Bin Laden's villa lacked Internet, phone service
Absence of communications was one key tip-off to U.S. intelligence officials
Computerworld - The absence of Internet and telephone service at Osama bin Laden's $1 million hiding place helped tip off intelligence experts that the Al Qaeda leader was indeed there.
The compound in the outskirts of Abbottabad sits near homes of professionals who drive Toyotas and use wired and wireless phones and computers, according to various reports.
An IT consultant in Abottabad, the town where bin Laden was killed, inadvertently "live blogged" an early sign of the military operation on Twitter, without realizing its importance until much later.

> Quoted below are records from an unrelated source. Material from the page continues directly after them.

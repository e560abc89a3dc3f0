//! A back whose end is destroyed keeps all that is true of the traces of ends. Lemmas alone.
//!
//! # What is proved
//! The ends that it carries are destroyed where it comes: a chain that led to such an end leads to its mark, and the gone that is sent is on the track of
//! its opposite (`dropped-traced` in `proofs/Dropped.antt`). By `ending-traced` of `trace_ending`.
#![tactic(auto)]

As such, a walled-in compound without basic communications essentials would certainly stick out, and it indeed drew the attention of U.S. intelligence officials during months of surveillance, according to reports in the New York Times and CNN based on interviews with officials in the Obama Administration.
Another sign of what was inside: Trash wasn't put out for collection -- it was burned, these officials reported.

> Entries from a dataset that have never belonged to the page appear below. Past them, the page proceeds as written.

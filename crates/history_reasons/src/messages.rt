//! How far messages and receives have come.

use crate::telling::Telling;
use charlotte_calls::{EndId, NoMemory};
use service_links::KeptEnd;
use service_step::Inward;

/// How far a message has come.
#[derive(Clone, Copy, Debug, PartialEq, Eq)]
pub(crate) enum Course {
    NotSent,
    Waiting,
    Matched,
    Taken,
    Over,
}

impl Course {
    /// That of message n of an end.
    pub(crate) fn of(end: &KeptEnd, n: u32) -> Course {
        if n == 0 || end.sent() < n {
            return Course::NotSent;
        }
        if n < end.sent() {
            return Course::Over;
        }
        if end.is_waiting() {
            Course::Waiting
        } else if end.is_matched() {
            Course::Matched
        } else if end.is_taken() {
            Course::Taken
        } else {
            Course::Over
        }
    }

    fn name(self) -> &'static [u8] {
        match self {
            Course::NotSent => b"not sent",
            Course::Waiting => b"waiting",
            Course::Matched => b"matched",
            Course::Taken => b"taken",
            Course::Over => b"over",
        }
    }
}

fn name_of_receive(inward: Inward) -> &'static [u8] {
    match inward {
        Inward::Idle => b"idle",
        Inward::Posted => b"posted",
        Inward::Withdrawn => b"withdrawn",
        Inward::Matched(_) => b"matched",
        Inward::Unreported => b"over",
    }
}

impl Telling<'_> {
    /// Whether message n of an end is not as it is wanted; then that is told.
    pub(crate) fn is_not(
        &mut self,
        message: (EndId, u32),
        wanted: Course,
    ) -> Result<bool, NoMemory> {
        let (e, n) = message;
        let course = Course::of(self.service.links().look(e), n);
        if course == wanted {
            return Ok(false);
        }
        self.message(n, e)?;
        self.words(b" is ")?;
        self.words(course.name())?;
        self.words(b", not ")?;
        self.words(wanted.name())?;
        Ok(true)
    }

    /// How far the receive of an end is, and how far it would have to be.
    pub(crate) fn receive(&mut self, e: EndId, wanted: &[u8]) -> Result<(), NoMemory> {
        self.of_end(b"the receive of ", e)?;
        self.words(b" is ")?;
        self.words(name_of_receive(self.service.links().look(e).inward()))?;
        self.words(b", not ")?;
        self.words(wanted)
    }
}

Bin Laden apparently kept touch with with the outside world from the compound in Pakistan in a decidedly non-tech way -- using a trusted courier who would arrive and leave the facility with messages.
That courier first came to light when detainees in Guantanamo Bay, Cuba, gave the courier's pseudonym and said he was a student of Khalid Shaikh Mohammed, who confessed to hatching the Sept. 11 attacks.

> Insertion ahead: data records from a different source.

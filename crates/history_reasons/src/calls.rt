//! Calls that are refused, and refusals that are none.

use crate::telling::Telling;
use charlotte_calls::{Call, Cause, EndId, NoMemory, Pid};
use link_service::Service;
use service_step::Phase;
use transcript_lines::cause_name;

impl Telling<'_> {
    /// Whether a process can make no call; then that is told.
    fn cannot_call(&mut self, p: Pid) -> Result<bool, NoMemory> {
        match self.service.processes().phase(p) {
            Phase::Running => return Ok(false),
            Phase::Waiting => {
                self.process(p)?;
                self.words(b" waits")?;
            }
            Phase::Cancelling(e) => {
                self.process(p)?;
                self.of_end(b" cancels ", e)?;
            }
            Phase::Ended => {
                self.process(p)?;
                self.words(b" has ended")?;
            }
        }
        Ok(true)
    }

    /// Whether a process can't make a call, or it is refused; then that is told.
    pub(crate) fn is_refused(&mut self, p: Pid, call: &Call) -> Result<bool, NoMemory> {
        if self.cannot_call(p)? {
            return Ok(true);
        }
        match first_cause(self.service, p, call) {
            Some(cause) => {
                self.words(b"this call is refused: ")?;
                self.words(cause_name(cause))?;
                self.whose(end_of(self.service, p, call, cause))?;
                Ok(true)
            }
            None => Ok(false),
        }
    }

    /// Why a call is not refused so.
    pub(crate) fn refusal(&mut self, p: Pid, call: &Call) -> Result<(), NoMemory> {
        if self.is_refused(p, call)? {
            return Ok(());
        }
        self.words(b"this call is not refused")
    }

    /// Where an end is, behind a comma.
    fn whose(&mut self, end: Option<EndId>) -> Result<(), NoMemory> {
        match end {
            Some(e) => {
                self.words(b", ")?;
                self.place(e)
            }
            None => Ok(()),
        }
    }
}

/// The first cause of a call that holds.
fn first_cause(service: &Service, p: Pid, call: &Call) -> Option<Cause> {
    match call {
        Call::Wait if !has_activity(service, p) => Some(Cause::NoActivity),
        Call::Wait => None,
        _ => service.refusal(p, call),
    }
}

/// Whether a report of a process stands, or an activity is started on an end of it. It looks at each end of the process.
fn has_activity(service: &Service, p: Pid) -> bool {
    if service.processes().has_report(p) {
        return true;
    }
    for e in service.processes().held(p) {
        let end = service.links().look(*e);
        if end.is_owned_by(p) && end.is_active() {
            return true;
        }
    }
    false
}

/// The first end of a call that the process does not own, where that is the cause.
fn end_of(service: &Service, p: Pid, call: &Call, cause: Cause) -> Option<EndId> {
    match (call, cause) {
        (
            Call::Destroy { on }
            | Call::Send { on, .. }
            | Call::Receive { on }
            | Call::Cancel { on, .. },
            Cause::NoEnd,
        ) => Some(*on),
        (Call::Send { enclose, .. }, Cause::EncloseNoEnd) => first_of_others(
            service,
            p,
            enclose.as_slice(),
        ),
        _ => None,
    }
}

fn first_of_others(service: &Service, p: Pid, ends: &[EndId]) -> Option<EndId> {
    for e in ends {
        if !service.place(*e).is_owned_by(p) {
            return Some(*e);
        }
    }
    None
}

Intelligence officials finally tracked the courier last August to the Abbottabad compound, which sits about 35 miles from Islamabad, the capital of Pakistan. Using satellite photos and other intelligence, CIA officials developed the theory Bin Laden was hiding inside. The absence of telephone and Internet evidently bolstered their suspicions.
Not having telephone and Internet service would arouse suspicions much in the same way that fictional detective Sherlock Holmes took note of how a dog did NOT bark at an intruder. In that example, from "The Adventure of Silver Blaze" by Arthur Conan Doyle, a famous race horse was stolen and its trainer killed at a stable where the dog slept and the dog obviously knew the intruder well or would have barked, Holmes reasoned.
"Intelligence work is about taking all the evidence you have, even obscure details, and building a case," said Craig Mathias, a communications analyst for Farpoint Group.
"So if you were to look at a $1 million villa with no phone or Internet and the surrounding homes did have those things, that that would be interesting," he added. "It didn't mean, obviously, that Osama bin Laden was there, and they had to have a great deal of information to conclude that. The more information you have, the better, but sometimes inference is all you can get."
Al Qaeda is still considered an international threat without bin Laden, and it's likely the terrorist group won't rely on sophisticated communications to stay connected, Mathias said.
"The scary thing is that Al Qaeda is large distributed group that was loosely held together under Osama," Mathias said. "Fanatical groups don't need much [technology] to get along well. They just need to know the right people. Unfortunately, we'll all be in a heightened state of alert for a while."